From the records below, print exactly the lines starting at the one containing "filename crates/table_out/src/table.rt" and ending at the one containing "txt(alloc: Global, columns: &Seq<Column>, rows: &Seq<Seq<Cell>>)", ends included, and nothing else.
** Opening RECORDS FOR THE EXERCISE block **
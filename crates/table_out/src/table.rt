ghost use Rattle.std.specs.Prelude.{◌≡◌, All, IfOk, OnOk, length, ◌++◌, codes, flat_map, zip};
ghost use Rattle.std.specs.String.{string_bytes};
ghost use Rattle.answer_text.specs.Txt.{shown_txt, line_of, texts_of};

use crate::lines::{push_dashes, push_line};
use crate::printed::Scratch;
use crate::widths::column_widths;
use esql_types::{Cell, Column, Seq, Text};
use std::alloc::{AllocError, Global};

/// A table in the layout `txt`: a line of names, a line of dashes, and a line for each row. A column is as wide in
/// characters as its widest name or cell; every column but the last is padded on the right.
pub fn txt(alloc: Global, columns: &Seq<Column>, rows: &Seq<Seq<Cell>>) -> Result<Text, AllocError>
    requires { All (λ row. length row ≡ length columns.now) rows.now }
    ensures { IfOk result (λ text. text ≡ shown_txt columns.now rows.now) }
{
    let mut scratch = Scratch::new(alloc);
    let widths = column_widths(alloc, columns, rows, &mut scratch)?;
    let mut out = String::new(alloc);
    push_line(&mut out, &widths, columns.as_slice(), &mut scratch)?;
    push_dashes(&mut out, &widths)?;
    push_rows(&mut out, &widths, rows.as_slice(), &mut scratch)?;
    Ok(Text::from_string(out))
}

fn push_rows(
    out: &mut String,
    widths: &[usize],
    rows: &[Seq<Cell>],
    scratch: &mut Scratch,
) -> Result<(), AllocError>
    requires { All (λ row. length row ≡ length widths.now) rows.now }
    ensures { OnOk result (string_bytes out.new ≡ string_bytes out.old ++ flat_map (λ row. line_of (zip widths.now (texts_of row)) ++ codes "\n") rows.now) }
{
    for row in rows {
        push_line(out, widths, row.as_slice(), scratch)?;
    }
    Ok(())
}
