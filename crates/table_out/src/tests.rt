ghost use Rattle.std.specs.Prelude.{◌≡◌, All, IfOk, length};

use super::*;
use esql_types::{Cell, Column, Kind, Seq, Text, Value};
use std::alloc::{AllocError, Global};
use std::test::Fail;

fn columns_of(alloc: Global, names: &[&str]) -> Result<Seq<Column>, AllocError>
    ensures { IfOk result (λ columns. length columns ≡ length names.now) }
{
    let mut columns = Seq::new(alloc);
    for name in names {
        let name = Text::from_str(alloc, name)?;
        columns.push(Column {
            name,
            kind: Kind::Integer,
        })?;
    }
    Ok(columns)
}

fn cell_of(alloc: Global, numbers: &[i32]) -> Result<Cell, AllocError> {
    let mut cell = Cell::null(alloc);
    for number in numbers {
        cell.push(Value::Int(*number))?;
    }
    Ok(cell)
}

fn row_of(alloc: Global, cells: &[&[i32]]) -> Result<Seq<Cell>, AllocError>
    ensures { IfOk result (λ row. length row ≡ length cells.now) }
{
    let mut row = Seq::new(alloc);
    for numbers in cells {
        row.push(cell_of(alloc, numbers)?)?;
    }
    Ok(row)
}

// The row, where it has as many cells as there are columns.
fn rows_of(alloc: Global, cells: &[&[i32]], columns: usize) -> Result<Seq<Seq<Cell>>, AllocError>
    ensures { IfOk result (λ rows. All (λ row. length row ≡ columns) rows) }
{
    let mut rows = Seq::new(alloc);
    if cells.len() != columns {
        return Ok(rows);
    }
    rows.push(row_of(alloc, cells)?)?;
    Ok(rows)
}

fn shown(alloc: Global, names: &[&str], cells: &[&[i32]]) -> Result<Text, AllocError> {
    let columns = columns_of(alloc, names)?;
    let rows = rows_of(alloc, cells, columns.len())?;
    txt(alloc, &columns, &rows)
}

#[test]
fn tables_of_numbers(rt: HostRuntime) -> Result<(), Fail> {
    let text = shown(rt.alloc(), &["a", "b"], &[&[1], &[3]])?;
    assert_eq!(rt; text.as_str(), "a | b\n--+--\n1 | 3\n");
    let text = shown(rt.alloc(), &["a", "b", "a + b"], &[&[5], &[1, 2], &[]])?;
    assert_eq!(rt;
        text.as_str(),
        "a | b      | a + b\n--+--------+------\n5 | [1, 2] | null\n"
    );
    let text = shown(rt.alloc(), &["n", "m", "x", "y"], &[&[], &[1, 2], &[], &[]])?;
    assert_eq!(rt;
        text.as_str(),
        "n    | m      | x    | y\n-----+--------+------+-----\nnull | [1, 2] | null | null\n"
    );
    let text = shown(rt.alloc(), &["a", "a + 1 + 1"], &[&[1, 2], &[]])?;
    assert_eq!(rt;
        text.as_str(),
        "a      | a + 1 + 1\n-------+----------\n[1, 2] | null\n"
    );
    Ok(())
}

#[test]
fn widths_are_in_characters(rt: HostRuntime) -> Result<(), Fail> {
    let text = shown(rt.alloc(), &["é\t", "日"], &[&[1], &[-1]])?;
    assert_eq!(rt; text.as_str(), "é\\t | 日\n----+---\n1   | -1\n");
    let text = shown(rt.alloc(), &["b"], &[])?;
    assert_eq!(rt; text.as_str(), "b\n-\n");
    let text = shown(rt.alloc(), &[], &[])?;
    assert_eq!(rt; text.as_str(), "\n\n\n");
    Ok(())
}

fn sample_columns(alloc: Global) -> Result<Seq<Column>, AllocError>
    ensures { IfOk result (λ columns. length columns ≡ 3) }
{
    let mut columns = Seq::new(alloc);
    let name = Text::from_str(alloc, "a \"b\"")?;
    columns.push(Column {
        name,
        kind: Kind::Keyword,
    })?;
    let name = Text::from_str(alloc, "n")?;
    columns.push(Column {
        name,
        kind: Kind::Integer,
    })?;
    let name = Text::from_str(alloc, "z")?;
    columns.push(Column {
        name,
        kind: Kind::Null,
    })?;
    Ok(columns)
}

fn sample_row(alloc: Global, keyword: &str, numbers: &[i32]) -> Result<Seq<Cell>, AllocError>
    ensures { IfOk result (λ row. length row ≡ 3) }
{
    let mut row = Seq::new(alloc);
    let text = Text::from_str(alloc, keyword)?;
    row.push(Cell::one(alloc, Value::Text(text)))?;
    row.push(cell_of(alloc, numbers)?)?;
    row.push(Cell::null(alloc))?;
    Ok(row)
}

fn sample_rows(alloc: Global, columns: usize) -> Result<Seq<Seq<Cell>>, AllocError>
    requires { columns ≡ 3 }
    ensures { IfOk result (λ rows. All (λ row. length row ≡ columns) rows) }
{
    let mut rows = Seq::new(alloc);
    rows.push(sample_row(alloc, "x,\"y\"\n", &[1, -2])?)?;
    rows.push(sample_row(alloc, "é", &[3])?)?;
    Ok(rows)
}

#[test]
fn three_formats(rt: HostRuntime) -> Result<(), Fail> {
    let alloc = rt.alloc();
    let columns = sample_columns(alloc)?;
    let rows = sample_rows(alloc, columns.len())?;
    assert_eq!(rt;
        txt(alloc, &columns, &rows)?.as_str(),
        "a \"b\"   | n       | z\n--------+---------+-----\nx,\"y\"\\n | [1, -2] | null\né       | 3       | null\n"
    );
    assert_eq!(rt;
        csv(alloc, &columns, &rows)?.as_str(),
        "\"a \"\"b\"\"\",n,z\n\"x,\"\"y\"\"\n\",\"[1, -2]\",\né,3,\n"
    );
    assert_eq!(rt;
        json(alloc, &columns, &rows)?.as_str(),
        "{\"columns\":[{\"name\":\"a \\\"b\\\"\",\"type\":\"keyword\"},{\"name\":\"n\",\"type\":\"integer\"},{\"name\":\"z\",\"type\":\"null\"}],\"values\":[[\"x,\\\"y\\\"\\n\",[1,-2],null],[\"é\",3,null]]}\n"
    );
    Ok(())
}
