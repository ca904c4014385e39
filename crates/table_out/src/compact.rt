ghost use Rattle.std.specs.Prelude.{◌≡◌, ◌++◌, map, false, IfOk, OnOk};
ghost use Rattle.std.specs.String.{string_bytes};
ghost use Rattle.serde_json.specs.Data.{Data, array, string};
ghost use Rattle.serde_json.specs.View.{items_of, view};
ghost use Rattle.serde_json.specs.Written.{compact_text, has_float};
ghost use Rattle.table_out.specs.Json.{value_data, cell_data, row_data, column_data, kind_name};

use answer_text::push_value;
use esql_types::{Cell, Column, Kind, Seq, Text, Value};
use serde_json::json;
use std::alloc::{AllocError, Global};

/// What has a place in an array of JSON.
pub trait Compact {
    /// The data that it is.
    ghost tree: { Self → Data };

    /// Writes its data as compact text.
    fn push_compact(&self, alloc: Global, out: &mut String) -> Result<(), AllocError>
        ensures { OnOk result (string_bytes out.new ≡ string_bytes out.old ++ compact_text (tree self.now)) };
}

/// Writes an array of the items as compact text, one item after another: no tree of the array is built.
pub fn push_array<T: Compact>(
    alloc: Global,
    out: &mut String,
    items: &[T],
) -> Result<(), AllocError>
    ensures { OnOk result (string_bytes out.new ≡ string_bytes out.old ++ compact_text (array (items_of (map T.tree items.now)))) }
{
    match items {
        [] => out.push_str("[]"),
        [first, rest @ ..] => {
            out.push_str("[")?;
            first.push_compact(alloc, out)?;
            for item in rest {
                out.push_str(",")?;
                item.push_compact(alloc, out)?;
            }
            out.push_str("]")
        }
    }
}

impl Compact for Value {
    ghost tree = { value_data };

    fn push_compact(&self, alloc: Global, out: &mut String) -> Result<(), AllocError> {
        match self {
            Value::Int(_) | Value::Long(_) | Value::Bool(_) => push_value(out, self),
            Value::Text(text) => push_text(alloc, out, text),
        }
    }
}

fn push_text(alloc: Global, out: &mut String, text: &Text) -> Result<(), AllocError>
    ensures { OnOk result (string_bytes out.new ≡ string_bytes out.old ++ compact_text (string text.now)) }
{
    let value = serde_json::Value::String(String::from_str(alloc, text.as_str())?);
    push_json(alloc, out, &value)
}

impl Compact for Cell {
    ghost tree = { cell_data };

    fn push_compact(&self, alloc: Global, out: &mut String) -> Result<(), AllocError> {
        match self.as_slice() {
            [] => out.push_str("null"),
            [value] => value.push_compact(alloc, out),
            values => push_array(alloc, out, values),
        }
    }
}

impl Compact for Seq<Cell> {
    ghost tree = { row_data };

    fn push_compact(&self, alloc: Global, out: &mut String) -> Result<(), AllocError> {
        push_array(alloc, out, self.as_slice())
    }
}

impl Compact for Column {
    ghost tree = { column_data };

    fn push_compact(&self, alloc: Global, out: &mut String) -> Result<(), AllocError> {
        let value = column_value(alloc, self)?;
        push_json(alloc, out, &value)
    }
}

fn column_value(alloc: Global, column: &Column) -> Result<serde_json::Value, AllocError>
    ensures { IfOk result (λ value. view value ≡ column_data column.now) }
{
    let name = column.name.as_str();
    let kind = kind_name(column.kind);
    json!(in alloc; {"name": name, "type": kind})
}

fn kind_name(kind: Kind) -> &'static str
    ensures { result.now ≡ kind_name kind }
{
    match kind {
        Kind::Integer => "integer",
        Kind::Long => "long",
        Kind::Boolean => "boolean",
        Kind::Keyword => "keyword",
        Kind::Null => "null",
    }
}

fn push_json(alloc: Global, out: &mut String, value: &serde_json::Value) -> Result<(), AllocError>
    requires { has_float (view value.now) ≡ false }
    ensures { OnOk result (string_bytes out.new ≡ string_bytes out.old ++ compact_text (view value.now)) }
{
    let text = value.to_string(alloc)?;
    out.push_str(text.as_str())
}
** Closing RECORDS FOR THE EXERCISE block **
** Opening RECORDS FOR THE EXERCISE block **
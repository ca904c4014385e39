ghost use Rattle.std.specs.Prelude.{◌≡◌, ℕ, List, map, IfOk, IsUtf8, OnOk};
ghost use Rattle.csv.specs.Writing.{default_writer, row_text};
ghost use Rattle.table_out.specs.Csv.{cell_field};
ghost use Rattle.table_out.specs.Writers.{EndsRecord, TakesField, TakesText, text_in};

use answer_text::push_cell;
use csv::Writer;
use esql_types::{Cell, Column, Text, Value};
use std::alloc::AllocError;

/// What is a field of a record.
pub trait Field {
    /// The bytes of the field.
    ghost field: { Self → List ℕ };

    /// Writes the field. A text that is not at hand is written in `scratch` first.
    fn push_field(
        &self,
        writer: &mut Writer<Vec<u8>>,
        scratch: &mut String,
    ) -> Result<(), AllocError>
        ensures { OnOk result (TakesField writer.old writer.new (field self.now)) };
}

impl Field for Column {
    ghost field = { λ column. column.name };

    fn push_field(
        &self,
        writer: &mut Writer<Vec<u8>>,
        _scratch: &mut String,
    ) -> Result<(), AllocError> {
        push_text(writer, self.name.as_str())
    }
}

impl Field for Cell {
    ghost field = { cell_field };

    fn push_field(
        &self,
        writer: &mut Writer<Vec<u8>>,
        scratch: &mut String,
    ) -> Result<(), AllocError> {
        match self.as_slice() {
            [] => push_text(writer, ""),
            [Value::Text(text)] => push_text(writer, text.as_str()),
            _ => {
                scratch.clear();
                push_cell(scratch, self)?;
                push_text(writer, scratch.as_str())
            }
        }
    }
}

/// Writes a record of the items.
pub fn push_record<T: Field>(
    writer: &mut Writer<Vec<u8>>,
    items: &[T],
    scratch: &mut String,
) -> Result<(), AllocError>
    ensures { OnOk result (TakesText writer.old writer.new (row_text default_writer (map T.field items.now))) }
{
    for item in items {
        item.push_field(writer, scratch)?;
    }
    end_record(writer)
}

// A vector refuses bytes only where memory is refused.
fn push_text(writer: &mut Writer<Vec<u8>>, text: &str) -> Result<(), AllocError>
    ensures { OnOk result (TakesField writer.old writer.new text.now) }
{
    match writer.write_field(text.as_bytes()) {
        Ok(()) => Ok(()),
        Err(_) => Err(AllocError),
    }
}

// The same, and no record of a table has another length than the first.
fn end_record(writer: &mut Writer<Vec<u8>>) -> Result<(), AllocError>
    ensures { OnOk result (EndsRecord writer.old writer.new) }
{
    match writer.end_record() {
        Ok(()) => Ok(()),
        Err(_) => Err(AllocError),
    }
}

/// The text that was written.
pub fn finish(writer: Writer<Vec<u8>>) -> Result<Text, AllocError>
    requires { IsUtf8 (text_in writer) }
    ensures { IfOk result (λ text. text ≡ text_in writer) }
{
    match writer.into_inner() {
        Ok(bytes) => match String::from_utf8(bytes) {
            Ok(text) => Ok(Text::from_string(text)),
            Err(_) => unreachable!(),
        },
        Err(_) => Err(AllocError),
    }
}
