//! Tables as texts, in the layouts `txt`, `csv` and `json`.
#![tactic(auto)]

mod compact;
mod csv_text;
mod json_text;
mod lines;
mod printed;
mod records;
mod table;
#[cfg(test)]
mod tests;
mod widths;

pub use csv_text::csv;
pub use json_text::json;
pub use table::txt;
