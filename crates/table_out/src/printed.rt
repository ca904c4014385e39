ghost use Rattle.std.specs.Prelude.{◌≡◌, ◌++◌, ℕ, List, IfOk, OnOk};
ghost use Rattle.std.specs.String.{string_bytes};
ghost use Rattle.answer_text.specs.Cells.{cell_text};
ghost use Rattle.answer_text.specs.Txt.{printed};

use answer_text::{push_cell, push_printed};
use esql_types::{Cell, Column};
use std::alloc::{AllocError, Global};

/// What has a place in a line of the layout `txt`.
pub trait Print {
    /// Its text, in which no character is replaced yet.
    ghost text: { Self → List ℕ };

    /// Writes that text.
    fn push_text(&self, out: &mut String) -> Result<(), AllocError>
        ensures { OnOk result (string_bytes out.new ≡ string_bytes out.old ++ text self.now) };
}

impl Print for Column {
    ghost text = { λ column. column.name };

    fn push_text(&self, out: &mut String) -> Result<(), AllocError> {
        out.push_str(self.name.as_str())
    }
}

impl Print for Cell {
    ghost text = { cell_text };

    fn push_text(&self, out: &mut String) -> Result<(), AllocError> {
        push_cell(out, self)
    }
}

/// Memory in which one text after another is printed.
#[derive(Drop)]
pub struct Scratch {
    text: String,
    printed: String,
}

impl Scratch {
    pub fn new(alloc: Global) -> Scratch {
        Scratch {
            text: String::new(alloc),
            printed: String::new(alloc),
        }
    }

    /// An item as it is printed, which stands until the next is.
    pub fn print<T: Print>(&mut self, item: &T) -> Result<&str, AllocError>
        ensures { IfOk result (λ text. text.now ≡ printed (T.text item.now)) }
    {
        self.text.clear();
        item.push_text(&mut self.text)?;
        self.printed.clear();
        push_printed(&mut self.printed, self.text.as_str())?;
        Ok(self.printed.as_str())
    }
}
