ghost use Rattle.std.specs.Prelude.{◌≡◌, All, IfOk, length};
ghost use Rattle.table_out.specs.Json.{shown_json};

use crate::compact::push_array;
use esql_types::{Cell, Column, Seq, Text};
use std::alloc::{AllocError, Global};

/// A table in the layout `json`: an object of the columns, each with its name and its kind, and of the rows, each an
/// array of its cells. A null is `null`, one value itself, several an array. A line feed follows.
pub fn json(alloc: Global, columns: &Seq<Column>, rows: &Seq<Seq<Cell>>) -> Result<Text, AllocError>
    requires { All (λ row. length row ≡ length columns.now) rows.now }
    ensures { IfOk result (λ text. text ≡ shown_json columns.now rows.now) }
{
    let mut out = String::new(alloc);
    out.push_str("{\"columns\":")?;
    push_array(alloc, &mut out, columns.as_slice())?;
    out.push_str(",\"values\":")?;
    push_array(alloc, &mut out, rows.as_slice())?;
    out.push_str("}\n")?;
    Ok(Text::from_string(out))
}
** Closing RECORDS FOR THE EXERCISE block **
◆ **RESPONSE TO THIS TASK**:
filename crates/table_out/src/table.rt
ghost use Rattle.std.specs.Prelude.{◌≡◌, All, IfOk, OnOk, length, ◌++◌, codes, flat_map, zip};
ghost use Rattle.std.specs.String.{string_bytes};
ghost use Rattle.answer_text.specs.Txt.{shown_txt, line_of, texts_of};

use crate::lines::{push_dashes, push_line};
use crate::printed::Scratch;
use crate::widths::column_widths;
use esql_types::{Cell, Column, Seq, Text};
use std::alloc::{AllocError, Global};

/// A table in the layout `txt`: a line of names, a line of dashes, and a line for each row. A column is as wide in
/// characters as its widest name or cell; every column but the last is padded on the right.
pub fn txt(alloc: Global, columns: &Seq<Column>, rows: &Seq<Seq<Cell>>) -> Result<Text, AllocError>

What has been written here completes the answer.